Michael Adelman's avatar

Trump has articulated no clear limiting principle that rules out what I am describing. And I wouldn't say, in general, that he's a "limiting principles" kind of guy ...

KateLE's avatar

If it were destabilizing, then all of the other countries with no birthplace citizenship (the overwhelming majority) would be destabilized. It would be relatively easy to draw a line and say everyone born from today onwards is subject to the corrected rule. We have precedent for that. We could perhaps call it "grandfathered in".

J. J. Ramsey's avatar

"If it were destabilizing, then all of the other countries with no birthplace citizenship (the overwhelming majority) would be destabilized."

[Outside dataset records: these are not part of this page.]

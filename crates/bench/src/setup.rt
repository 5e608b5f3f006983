// The lines that lay out a buffer anew: the table, the frame bytes, the lent message, the reassembler's buffer.
use crate::buffers::{Bench, LINE_WORDS, MESSAGE_BYTES, read_list};
use crate::replies::Reply;
use crate::texts::Text;
use cluster::Limits;
use desk::{ASSEMBLY, FRAMES_USED, MESSAGE_USED, NUMBERS, ROOM_USED, WORDS_USED, state};
use master::state::State;

impl Bench {
    // Lays out a table, right or not, with frame bytes for its frames and a fresh state, and answers the table check.
    pub(crate) fn lay_table(&mut self, line: &[u8]) -> Reply {
        let mut words = [0u16; LINE_WORDS];
        let n = match read_list(line, &self.desk, &mut words) {
            Some(list) => list.len(),
            None => return Reply::malformed(),
        };
        self.table = words;
        self.frames.fill(0);
        self.lay(&words[..n])
    }

    // Lays out the state and the number of frame bytes for a table.
    fn lay(&mut self, t: &[u16]) -> Reply {
        state::put(&mut self.desk, State::fresh());
        self.desk[WORDS_USED] = (t.len() % 65536) as u32;
        self.desk[FRAMES_USED] = frame_bytes(t);
        Reply::check(cluster::taken(t))
    }

    // Lays out the message that later ticks are lent.
    pub(crate) fn lay_message(&mut self, line: &[u8]) -> Reply {
        let mut lent = [0u8; MESSAGE_BYTES];
        let n = match read_list(line, &self.desk, &mut lent) {
            Some(list) => list.len(),
            None => return Reply::malformed(),
        };
        self.message = lent;
        self.desk[MESSAGE_USED] = (n % 65536) as u32;
        Reply::of(Text::LENT, self.desk[MESSAGE_USED])
    }

    // Lays out so many frame bytes, all 0.
    pub(crate) fn lay_frames(&mut self) -> Reply {
        let n = self.desk[NUMBERS];
        self.frames.fill(0);
        self.desk[FRAMES_USED] = n;
        Reply::of(Text::BUFFER, n)
    }

    // Lays out so many bytes for the reassembler, all 0, with nothing open.
    pub(crate) fn lay_room(&mut self) -> Reply {
        let n = self.desk[NUMBERS];
        self.room.fill(0);
        self.desk[ROOM_USED] = n;
        self.desk[ASSEMBLY] = 0;
        Reply::of(Text::ROOM, n)
    }
}

// The frame bytes of a table: eight a frame, and none where the number of frames is missing or too large.
fn frame_bytes(t: &[u16]) -> u32 {
    match t.first() {
        Some(&frames) if frames <= Limits::FRAMES as u16 => 8 * u32::from(frames),
        _ => 0,
    }
}
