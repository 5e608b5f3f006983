// The lines of a script by their forms, as `script::forms` reads them.
ghost use Rattle.std.specs.Prelude.{◌≡◌};
ghost use Rattle.bench.specs.Forms.{form_of};

use crate::buffers::LONGEST_LINE;
use crate::sets::Part;
use desk::{Desk, LIST, NUMBERS};
use script::forms;
use script::forms::{Line, MOST};
use wire::checksum::Model;

// What a line asks for.
#[derive(Clone, Copy)]
pub(crate) enum Form {
    Call(Call),
    Writes,
    Row,
    Fresh,
    Show(Shown),
    Table,
    Buffer,
    Lend,
    Room,
    Take,
    Judge,
    Pid,
    Id,
    Checksum(Model),
    Set(Part),
}

// A call of the master that is given numbers at most.
#[derive(Clone, Copy)]
pub(crate) enum Call {
    Tick,
    Byte,
    Write,
    Read,
    Reads,
    Ahead,
    Select,
    Status,
    Send,
    Message,
}

// What is shown.
#[derive(Clone, Copy)]
pub(crate) enum Shown {
    Pending,
    Frames,
    Out,
    State,
    Taken,
    Assembly,
    Received,
}

// Every form of a line, as it is written.
const FORMS: [(&[u8], Form); 52] = [
    (b"tick", Form::Call(Call::Tick)),
    (b"byte HH", Form::Call(Call::Byte)),
    (b"write 65535 4294967295", Form::Call(Call::Write)),
    (b"writes 65535 ..", Form::Writes),
    (b"row ..", Form::Row),
    (b"read 65535", Form::Call(Call::Read)),
    (b"reads 65535", Form::Call(Call::Reads)),
    (b"ahead 65535", Form::Call(Call::Ahead)),
    (b"select 65535", Form::Call(Call::Select)),
    (b"fresh", Form::Fresh),
    (b"status", Form::Call(Call::Status)),
    (b"send 255 4294967295", Form::Call(Call::Send)),
    (b"message", Form::Call(Call::Message)),
    (b"pending", Form::Show(Shown::Pending)),
    (b"frames", Form::Show(Shown::Frames)),
    (b"out", Form::Show(Shown::Out)),
    (b"state", Form::Show(Shown::State)),
    (b"taken", Form::Show(Shown::Taken)),
    (b"assembly", Form::Show(Shown::Assembly)),
    (b"received", Form::Show(Shown::Received)),
    (b"table ..", Form::Table),
    (b"buffer 512", Form::Buffer),
    (b"lend ..", Form::Lend),
    (b"room 4096", Form::Room),
    (b"take ..", Form::Take),
    (b"judge 4294967295 4294967295", Form::Judge),
    (b"pid 255", Form::Pid),
    (b"id HH", Form::Id),
    (b"checksum 255 classic ..", Form::Checksum(Model::Classic)),
    (b"checksum 255 enhanced ..", Form::Checksum(Model::Enhanced)),
    (b"set wait 65535", Form::Set(Part::Wait)),
    (b"set entry 65535", Form::Set(Part::Entry)),
    (b"set entry none", Form::Set(Part::NoEntry)),
    (b"set request 65535", Form::Set(Part::Request)),
    (b"set request none", Form::Set(Part::NoRequest)),
    (b"set open nothing", Form::Set(Part::OpenNothing)),
    (b"set open frame 65535", Form::Set(Part::OpenFrame)),
    (b"set open request", Form::Set(Part::OpenRequest)),
    (b"set open response", Form::Set(Part::OpenResponse)),
    (b"set count 255", Form::Set(Part::Count)),
    (
        b"set bytes HH HH HH HH HH HH HH HH HH",
        Form::Set(Part::Bytes),
    ),
    (b"set written 1", Form::Set(Part::Written)),
    (b"set message none", Form::Set(Part::NoMessage)),
    (
        b"set message sending 255 65535 65535",
        Form::Set(Part::Sending),
    ),
    (b"set message completed", Form::Set(Part::Completed)),
    (b"set message failed", Form::Set(Part::Failed)),
    (b"set status 1 1 1 HH", Form::Set(Part::Status)),
    (b"set pending 59 1", Form::Set(Part::Pending)),
    (b"set assembly none", Form::Set(Part::NoAssembly)),
    (
        b"set assembly 255 65535 65535 255",
        Form::Set(Part::Assembly),
    ),
    (b"set received 255 65535", Form::Set(Part::Received)),
    (b"set received 255 none", Form::Set(Part::NoneReceived)),
];

// Reads a line as the first form that it has, and puts the place of its list and its numbers on the desk; a line that is too long has
// no form.
pub(crate) fn take(line: &[u8], desk: &mut Desk) -> Option<Form>
    ensures { result ≡ form_of line.now }
{
    if LONGEST_LINE < line.len() {
        return None;
    }
    let (form, read) = forms::first(line, &FORMS)?;
    put_line(desk, read);
    Some(form)
}

// Puts the place of the list and the numbers of the line at hand.
fn put_line(desk: &mut Desk, line: Line) {
    desk[LIST] = (line.list % 65536) as u32;
    desk[NUMBERS..NUMBERS + MOST].copy_from_slice(&line.numbers);
}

That doesn't follow at all. There's a huge difference between a country that never had birthright citizenship and kept its citizenship rules consistent, and one that used to have birthright citizenship but had it change suddenly and retroactively.

Helikitty's avatar

It would be good if there were one international standard for this. I don’t have much of an opinion on jus soli vs jus sanguinis so long as all countries operate along the same rules, but they don’t. It’s not right for there to be stateless people.

John E's avatar

If there was an international standard it would jus sanguinis. The issue with that approach is that you have large populations of people currently not accepted as citizens in any country. If you carried jus sanguinis forward, that would continue.

John E's avatar

"but had it change suddenly and retroactively."

I think the 14th amendment is clear and the Trump administration is wrong. But I don't see it be "retroactive" and I'm not sure how you would make any change here and it not be "sudden."

J. J. Ramsey's avatar

Remember that court rulings are about interpretation of the law, not legislation. With legislation changes, one can say, "Those were the old rules; these are the new ones." With a court ruling, the implication of a change of interpretation is that the previous interpretation was incorrect and should never have been considered the law at all. Thus, a ruling in favor of Trump on birthright citizenship would imply that several people who thought they were citizens never were in the first place. That's where the retroactive aspect comes in.

Michael Adelman's avatar

The Trump Administration is trying to totally upend over a century of settled citizenship law by executive fiat. That's fundamentally just a massively destabilizing thing to do (and that would be true of upending long-settled citizenship law in any country with any system).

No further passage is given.